Specific details are given in the description to provide a thorough understanding of the exemplary configurations including implementations. However, configurations may be practiced without these specific details, for example, well-known circuits, processes, algorithms, structures, and techniques have been shown without unnecessary detail in order to avoid obscuring the configurations. This description provides example configurations only, and does not limit the scope, applicability, or configuration of the claims. Rather, the foregoing description of the configurations will provide those skilled in the art with an enabling description for implementing the described techniques. Various changes may be made in the function and arrangement of elements without departing from the spirit or scope of the disclosure.

In conclusion, it is intended that the foregoing detailed description be regarded as illustrative rather than limiting, and that it be understood that these examples are illustrative only and are not intended to limit the scope of the invention.

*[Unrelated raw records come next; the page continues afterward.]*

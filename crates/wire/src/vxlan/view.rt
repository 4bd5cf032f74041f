//! Reading a VXLAN packet.
ghost use Rattle.std.specs.Prelude.{◌≡◌, ℕ, List, ◌++◌, IfOk, IsOkAnd, take, drop};
ghost use Rattle.wire.specs.First.{first, fault_of};
ghost use Rattle.wire.specs.Vxlan.{IsVxlan};
ghost use Rattle.wire.specs.VxlanReading.{vxlan_faults, reason_of};

use crate::ether::Reason;
use crate::vxlan::Vni;
use std::marker::Model;
use thiserror::Error;

/// The octets of a header.
const HEADER_LENGTH: usize = 8;
/// The flag I among the flags, the first octet: the identifier is valid (RFC 7348, 5).
pub(crate) const VNI_IS_VALID: u8 = 0x08;

/// Why a text is no VXLAN packet, in the order of the checks.
#[derive(Clone, Copy, Debug, PartialEq, Eq, Error)]
pub enum VxlanFault {
    /// Fewer than 8 octets.
    #[error("ShortTunnel")]
    ShortTunnel,
    /// The flag I is 0.
    #[error("NoVniFlag")]
    NoVniFlag,
}

impl From<VxlanFault> for Reason {
    ghost from_gives = { λ fault reason. reason ≡ reason_of fault };

    fn from(fault: VxlanFault) -> Reason {
        match fault {
            VxlanFault::ShortTunnel => Reason::ShortTunnel,
            VxlanFault::NoVniFlag => Reason::NoVniFlag,
        }
    }
}

/// A VXLAN packet, seen by contracts as its header, its identifier and its payload.
#[derive(Debug, Drop)]
pub struct VxlanView<'a> {
    head: &'a [u8],
    vni: Vni,
    payload: &'a [u8],
}

impl<'a> Model for VxlanView<'a> {
    ghost use Rattle.wire.specs.Vxlan.{VxlanParts};

    ghost Value = { VxlanParts };

    ghost view = { λ v. record { head = v.head.now; vni = v.vni; payload = v.payload.now } };
}

impl<'a> VxlanView<'a> {
    /// Reads a packet (RFC 7348, 5). `ShortTunnel`: fewer than 8 octets. `NoVniFlag`: the flag I is 0. All other flags
    /// and the reserved octets are ignored.
    pub fn read(octets: &'a [u8]) -> Result<VxlanView<'a>, VxlanFault>
        ensures fault { fault_of result ≡ first (vxlan_faults octets.now) }
        ensures packet { IfOk result (λ view. IsVxlan octets.now view.vni view.payload) }
        ensures only { (vni : ℕ) (inner : List ℕ) → IsVxlan octets.now vni inner
            → IsOkAnd result (λ view. (view.vni ≡ vni) × (view.payload ≡ inner)) }
        ensures whole { IfOk result (λ view. octets.now ≡ view.head ++ view.payload) }
        ensures head { IfOk result (λ view. view.head ≡ take 8 octets.now) }
        ensures payload { IfOk result (λ view. view.payload ≡ drop 8 octets.now) }
    {
        if octets.len() < HEADER_LENGTH {
            return Err(VxlanFault::ShortTunnel);
        }
        if octets[0] / VNI_IS_VALID % 2 == 0 {
            return Err(VxlanFault::NoVniFlag);
        }
        Ok(VxlanView {
            head: &octets[..HEADER_LENGTH],
            vni: Vni::from_octets([octets[4], octets[5], octets[6]]),
            payload: &octets[HEADER_LENGTH..],
        })
    }

    /// The header as it stands, octets 0 to 7.
    pub fn head(&self) -> &'a [u8]
        ensures { result.now ≡ self.now.head }
    {
        self.head
    }

    /// The network identifier, octets 4 to 6.
    pub fn vni(&self) -> Vni
        ensures { result ≡ self.now.vni }
    {
        self.vni
    }

    /// The frame inside, from octet 8 on.
    pub fn payload(&self) -> &'a [u8]
        ensures { result.now ≡ self.now.payload }
    {
        self.payload
    }
}
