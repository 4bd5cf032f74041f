//! A page of what a run gave, made of the files in its folder.
//!
//! Use first: [`make_page`] reads the folder's decision lines and what was kept of the texts that a run prints, and writes the
//! page.
//!
//! It has no specs of its own: what is counted `report_counts` says, and what stands on the page `report_page`.
//!
//! Proved: each function is safe and ends. That the page has the numbers of all lines is tested.
//!
//! Why it is so: the lines are read twice, for the first and the last moment and then for the counts, since time is cut into
//! spans by both; so the memory doesn't grow with them. What was printed is read whole: it is bounded, but for listings of
//! tables, of which the page shows the first.
#![tactic(auto)]

mod lines;
mod making;

pub use making::make_page;
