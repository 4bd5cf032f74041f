//! Writing a VXLAN header.
ghost use Rattle.std.specs.Prelude.{◌≡◌, ◌++◌, ℕ, List};
ghost use Rattle.wire.specs.Vxlan.{IsVxlan, vxlan_header};

use crate::vxlan::Vni;
use crate::vxlan::view::VNI_IS_VALID;

/// The header of a network's packets (RFC 7348, 5): the flag I, the identifier, and 0 in all reserved bits.
pub fn vxlan_head(vni: Vni) -> [u8; 8]
    ensures value { result ≡ vxlan_header vni }
    ensures read_back { (inner : List ℕ) → IsVxlan (result ++ inner) vni inner }
{
    let [high, middle, low] = vni.octets();
    [VNI_IS_VALID, 0, 0, 0, high, middle, low, 0]
}
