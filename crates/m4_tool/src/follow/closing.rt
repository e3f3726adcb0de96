//! Ends a line: flushes its outputs and the file that was made, and reports its failure.

ghost use Rattle.std.specs.Prelude.{◌≡◌, ◌≢◌, [], List, ℕ, None, Some, IfSome, false, true};
ghost use Rattle.m4_engine.specs.Writers.{change};
ghost use Rattle.m4_tool.specs.declared.followed.Failure.TheVariants as failures;
ghost use Rattle.m4_tool.specs.Failure.{failure_lines};
ghost use Rattle.m4_tool.specs.Line.{refusals, unreloaded};
ghost use Rattle.m4_tool.specs.FailureCounts.{FailedAs, counts_of};
ghost use Rattle.m4_tool.specs.LineEnd.{EndsBy, IsShown, KeepsShown, Reports, StaysShown, failure_of, seen};
ghost use Rattle.m4_tool.specs.Unfinished.{LeavesMarked};
ghost use Rattle.m4_tool.specs.LineRun.{ClosedAs, Closes, FlushedAs, ModeCloses, RefusedAs, failure_after};

use crate::endings::{failure_of, put_refused};
use crate::followed::{FAILED, Failure, Followed, status_after};
use crate::world::{Shows, World};
use m4_engine::ending::{Cause, Ending};
use m4_engine::source::put_unopened;
use m4_state::device::DeviceFault;
use m4_state::transfer::write_all;

/// Ends a line whose run had this ending: flushes everything, and reports a refused frozen file, and a failure.
/// `file` is the name of its frozen file, and `name` that of the file to which it froze. If a report can't be written,
/// only the status shows it.
pub fn close<W: World, O: Shows, M: Shows>(
    ending: Ending,
    file: &[u8],
    name: &[u8],
    world: W,
    out: &mut O,
    messages: &mut M,
) -> Followed<W>
    ensures ending { result.ending ≡ ending }
    ensures closes { Closes file.now ending result.status result.failure
        (seen (change O.contents out.old out.new) (change M.contents messages.old messages.new)
        (change M.failures messages.old messages.new) (change W.files world result.world)) }
    ensures counted { ClosedAs ending.cause result.failure (counts_of (change O.failures out.old out.new)
        (change M.failures messages.old messages.new) (change W.failures world result.world)) }
    ensures unfinished { IfSome result.failure (λ failure. failure ≢ failures.Report
        → LeavesMarked name.now (W.kept world) (W.kept result.world)) }
    ensures shown { result.failure ≡ None
        → IsShown O.shown O.contents out.new × IsShown M.shown M.contents messages.new
        × IsShown W.kept W.files result.world }
    ensures shown_output { StaysShown O.failures O.shown O.contents out.old out.new }
    ensures shown_messages { StaysShown M.failures M.shown M.contents messages.old messages.new }
{
    let mut world = world;
    let flushed = flush_all(ending.cause, name, &mut world, out, messages);
    let is_reported = report_refusal(ending.cause, file, messages);
    let failure = failure_of(ending.cause, flushed);
    report_last(failure, messages);
    Followed {
        status: status_after(failure, ending.status),
        ending,
        failure: failure_after(failure, is_reported),
        world,
    }
}

/// Flushes the output, then the messages, and then, if nothing has failed, finishes the file of this name that was
/// made. Returns whether all that was flushed could be.
fn flush_all<W: World, O: Shows, M: Shows>(
    cause: Cause,
    name: &[u8],
    world: &mut W,
    out: &mut O,
    messages: &mut M,
) -> bool
    ensures output { O.contents out.new ≡ O.contents out.old }
    ensures messages { M.contents messages.new ≡ M.contents messages.old }
    ensures counted { FlushedAs result (counts_of (change O.failures out.old out.new)
        (change M.failures messages.old messages.new) (change W.failures world.old world.new)) }
    ensures files { W.files world.new ≡ W.files world.old }
    ensures unfinished { failure_of cause result ≢ None → LeavesMarked name.now (W.kept world.old) (W.kept world.new) }
    ensures shown { failure_of cause result ≡ None
        → IsShown O.shown O.contents out.new × IsShown M.shown M.contents messages.new
        × IsShown W.kept W.files world.new }
    ensures shown_output { StaysShown O.failures O.shown O.contents out.old out.new }
    ensures shown_messages { StaysShown M.failures M.shown M.contents messages.old messages.new }
{
    let output = out.flush().is_ok();
    let others = messages.flush().is_ok();
    let flushed = output && others;
    match failure_of(cause, flushed) {
        None => world.finish(name).is_ok(),
        Some(_failure) => flushed,
    }
}

/// Reports a frozen file that was refused. Returns whether that could be written and flushed.
fn report_refusal<M: Shows>(cause: Cause, file: &[u8], messages: &mut M) -> bool
    ensures reports { Reports (refusals file.now cause) (M.contents messages.old) (M.contents messages.new)
        (M.failures messages.old) (M.failures messages.new) }
    ensures refused { result ≡ false → refusals file.now cause ≢ [] }
    ensures counted { RefusedAs result (M.failures messages.old) (M.failures messages.new) }
    ensures shown { result ≡ true → M.shown messages.old ≡ M.contents messages.old
        → M.shown messages.new ≡ M.contents messages.new }
    ensures kept { KeepsShown M.failures M.shown M.contents messages.old messages.new }
{
    match cause {
        Cause::Frozen(_) => {
            let put = put_refused(cause, file, messages);
            let shown = messages.flush();
            put.is_ok() && shown.is_ok()
        }
        _ => true,
    }
}

/// Reports the failure of the run or of its last flushes, if there was one.
fn report_last<M: Shows>(failure: Option<Failure>, messages: &mut M)
    ensures reports { Reports (failure_lines failure) (M.contents messages.old) (M.contents messages.new)
        (M.failures messages.old) (M.failures messages.new) }
    ensures unreported { failure ≡ None → messages.new ≡ messages.old }
    ensures kept { KeepsShown M.failures M.shown M.contents messages.old messages.new }
{
    match failure {
        Some(failure) => show_failure(failure, messages),
        None => {}
    }
}

/// Writes the line of a failure, if it has one, to the messages, and flushes them.
fn show_failure<M: Shows>(failure: Failure, messages: &mut M)
    ensures reports { Reports (failure_lines (Some failure)) (M.contents messages.old) (M.contents messages.new)
        (M.failures messages.old) (M.failures messages.new) }
    ensures kept { KeepsShown M.failures M.shown M.contents messages.old messages.new }
{
    let line = failure.line().as_bytes();
    if !line.is_empty() {
        let _put = write_all(messages, line);
        let _shown = messages.flush();
    }
}

/// Returns this failure. If there is none, returns `Report` unless the line for a refused file was reported.
fn failure_after(failure: Option<Failure>, is_reported: bool) -> Option<Failure>
    ensures { result ≡ failure_after failure is_reported }
{
    match failure {
        None if !is_reported => Some(Failure::Report),
        failure => failure,
    }
}

/// Ends a line whose frozen file can't be opened: reports that, and does nothing else.
pub fn close_unopened<W: World, O: Shows, M: Shows>(
    file: &[u8],
    name: &[u8],
    world: W,
    out: &mut O,
    messages: &mut M,
) -> Followed<W>
    ensures ends { (freezes : List ℕ) → EndsBy result.failure freezes file.now (unreloaded file.now) result.status
        (seen (change O.contents out.old out.new) (change M.contents messages.old messages.new)
        (change M.failures messages.old messages.new) (change W.files world result.world)) }
    ensures unread { result.failure ≢ Some failures.Read }
    ensures counted { FailedAs result.failure (counts_of (change O.failures out.old out.new)
        (change M.failures messages.old messages.new) (change W.failures world result.world)) }
    ensures files { W.files result.world ≡ W.files world }
    ensures unfinished { IfSome result.failure (λ failure. failure ≢ failures.Report
        → LeavesMarked name.now (W.kept world) (W.kept result.world)) }
    ensures shown { result.failure ≡ None
        → IsShown O.shown O.contents out.new × IsShown M.shown M.contents messages.new
        × IsShown W.kept W.files result.world }
    ensures shown_output { StaysShown O.failures O.shown O.contents out.old out.new }
    ensures shown_messages { StaysShown M.failures M.shown M.contents messages.old messages.new }
{
    let cause = match put_unopened(file, messages) {
        Ok(()) => Cause::Done,
        Err(DeviceFault) => Cause::Write,
    };
    let ending = Ending {
        status: FAILED,
        cause,
        wrapped: false,
    };
    close(ending, file, name, world, out, messages)
}

/// Ends a line with a mode that returned this status: flushes everything, and reports a flush that fails unless the
/// mode has failed itself. A mode that did its work ends as a run that read everything.
pub fn close_mode<W: World, O: Shows, M: Shows>(
    status: u8,
    world: W,
    out: &mut O,
    messages: &mut M,
) -> Followed<W>
    ensures closes { ModeCloses status result.status (O.contents out.old) (O.contents out.new)
        (M.contents messages.old) (M.contents messages.new) (M.failures messages.old) (M.failures messages.new)
        (counts_of (change O.failures out.old out.new) (change M.failures messages.old messages.new)
        (change W.failures world result.world)) }
    ensures counted { FailedAs result.failure (counts_of (change O.failures out.old out.new)
        (change M.failures messages.old messages.new) (change W.failures world result.world)) }
    ensures files { W.files result.world ≡ W.files world }
    ensures shown { result.failure ≡ None
        → IsShown O.shown O.contents out.new × IsShown M.shown M.contents messages.new
        × IsShown W.kept W.files result.world }
    ensures shown_output { StaysShown O.failures O.shown O.contents out.old out.new }
    ensures shown_messages { StaysShown M.failures M.shown M.contents messages.old messages.new }
{
    let ending = Ending {
        status,
        cause: Cause::Done,
        wrapped: false,
    };
    if status == 0 {
        return close(ending, b"", b"", world, out, messages);
    }
    let mut world = world;
    let flushed = flush_all(Cause::Done, b"", &mut world, out, messages);
    Followed {
        status,
        ending,
        failure: failure_of(Cause::Done, flushed),
        world,
    }
}
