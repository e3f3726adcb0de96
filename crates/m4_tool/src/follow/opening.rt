//! The sources of a run: the files of the line, opened in their order, and standard input.

ghost use Rattle.std.specs.Prelude.{◌≡◌, [], Some, IfOk, map, string_bytes};
ghost use Rattle.m4_state.specs.Device.{Script};
ghost use Rattle.m4_tool.specs.World.{Files};
ghost use Rattle.m4_tool.specs.Line.{input_after, words_of};
ghost use Rattle.m4_tool.specs.Known.{Knows};
ghost use Rattle.m4_tool.specs.LineRun.{named_at, named_in, named_of};

use crate::sources::{INPUT, source_name};
use crate::world::World;
use m4_engine::source::Source;
use std::alloc::{AllocError, Global};

/// Opens the files of a line, or standard input if it has none.
pub fn sources_of<W: World>(
    alloc: Global,
    world: &mut W,
    files: &[String],
) -> Result<Vec<Source<W::Reader>>, AllocError>
    ensures sources { IfOk result (λ all. (fs : Files) (input : Script)
        → Knows W.making W.files W.input world.old fs input
        → map (named_of W.Reader.script) all.items ≡ named_in fs input (words_of (map string_bytes files.now))) }
    ensures files { W.files world.new ≡ W.files world.old }
    ensures kept { W.kept world.new ≡ W.kept world.old }
    ensures failures { W.failures world.new ≡ W.failures world.old }
{
    if files.is_empty() {
        return input_alone(alloc, world);
    }
    opened_files(alloc, world, files)
}

/// Returns standard input as the only source.
fn input_alone<W: World>(alloc: Global, world: &mut W) -> Result<Vec<Source<W::Reader>>, AllocError>
    ensures sources { IfOk result (λ all. (fs : Files) (input : Script)
        → Knows W.making W.files W.input world.old fs input
        → map (named_of W.Reader.script) all.items ≡ named_in fs input (words_of [])) }
    ensures files { W.files world.new ≡ W.files world.old }
    ensures kept { W.kept world.new ≡ W.kept world.old }
    ensures failures { W.failures world.new ≡ W.failures world.old }
{
    let mut sources = Vec::new(alloc);
    let source = opened(alloc, world, INPUT)?;
    sources.push(source)?;
    Ok(sources)
}

/// Opens the files in order.
fn opened_files<W: World>(
    alloc: Global,
    world: &mut W,
    files: &[String],
) -> Result<Vec<Source<W::Reader>>, AllocError>
    ensures sources { IfOk result (λ all. (fs : Files) (input : Script)
        → Knows W.making W.files W.input world.old fs input
        → map (named_of W.Reader.script) all.items ≡ named_in fs input (map string_bytes files.now)) }
    ensures files { W.files world.new ≡ W.files world.old }
    ensures kept { W.kept world.new ≡ W.kept world.old }
    ensures failures { W.failures world.new ≡ W.failures world.old }
{
    let mut sources = Vec::new(alloc);
    for file in files {
        let source = opened(alloc, world, file.as_str())?;
        sources.push(source)?;
    }
    Ok(sources)
}

/// Opens a file of the line, or standard input; the result records whether that failed.
fn opened<W: World>(
    alloc: Global,
    world: &mut W,
    file: &str,
) -> Result<Source<W::Reader>, AllocError>
    ensures source { IfOk result (λ s. (fs : Files) (input : Script)
        → Knows W.making W.files W.input world.old fs input
        → named_of W.Reader.script s ≡ named_at fs input file.now) }
    ensures input { IfOk result (λ s. (input : Script) → W.input world.old ≡ Some input
        → W.input world.new ≡ Some (input_after input file.now)) }
    ensures making { W.making world.new ≡ W.making world.old }
    ensures files { W.files world.new ≡ W.files world.old }
    ensures kept { W.kept world.new ≡ W.kept world.old }
    ensures failures { W.failures world.new ≡ W.failures world.old }
{
    let name = source_name(alloc, file)?;
    if file == INPUT {
        let reader = world.stdin();
        return Ok(Source::Opened { name, reader });
    }
    match world.open(file.as_bytes()) {
        Some(reader) => Ok(Source::Opened { name, reader }),
        None => Ok(Source::Unopened { name }),
    }
}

After reading the description of the invention, the skilled person can make various changes or modifications to the invention, and these equivalent changes and modifications also fall into the scope of the invention defined by the claims.

Claims

1. A pipeline disease image classification method based on a multi-label convolutional neural network is characterized by comprising the following steps:

step 2: calculating the time stamp characteristics of each image;

and 4, step 4: detecting an endoscopic image of a pipeline to be detected by using a trained multi-label convolutional neural network model, outputting a single-hot code by using the multi-label convolutional neural network model, and determining the type of the existing pipeline diseases according to the single-hot code;

the multi-label convolutional neural network model comprises an upper-layer inclusion-ResNet-v 2 network structure and a lower-layer multi-label classification layer, wherein the upper-layer inclusion-ResNet-v 2 network structure further comprises a random inactivation layer;

the second step: performing dimension reduction activation processing on the feature vector added with the timestamp feature in the first step to obtain a medium latitude value;

2. The method for classifying the pipeline disease images based on the multi-tag convolutional neural network as claimed in claim 1, wherein the calculation formula of the timestamp feature is as follows:

3. The method for classifying the pipeline disease images based on the multi-label convolutional neural network as claimed in claim 1, wherein the pipeline disease types comprise: swabbing, tree roots, accumulated mud, debris, scaling, plugging, mild corrosion, moderate corrosion, severe corrosion, dislocation, fracture, dislocation, deformation, intrusion, mild leakage, moderate leakage, and severe leakage.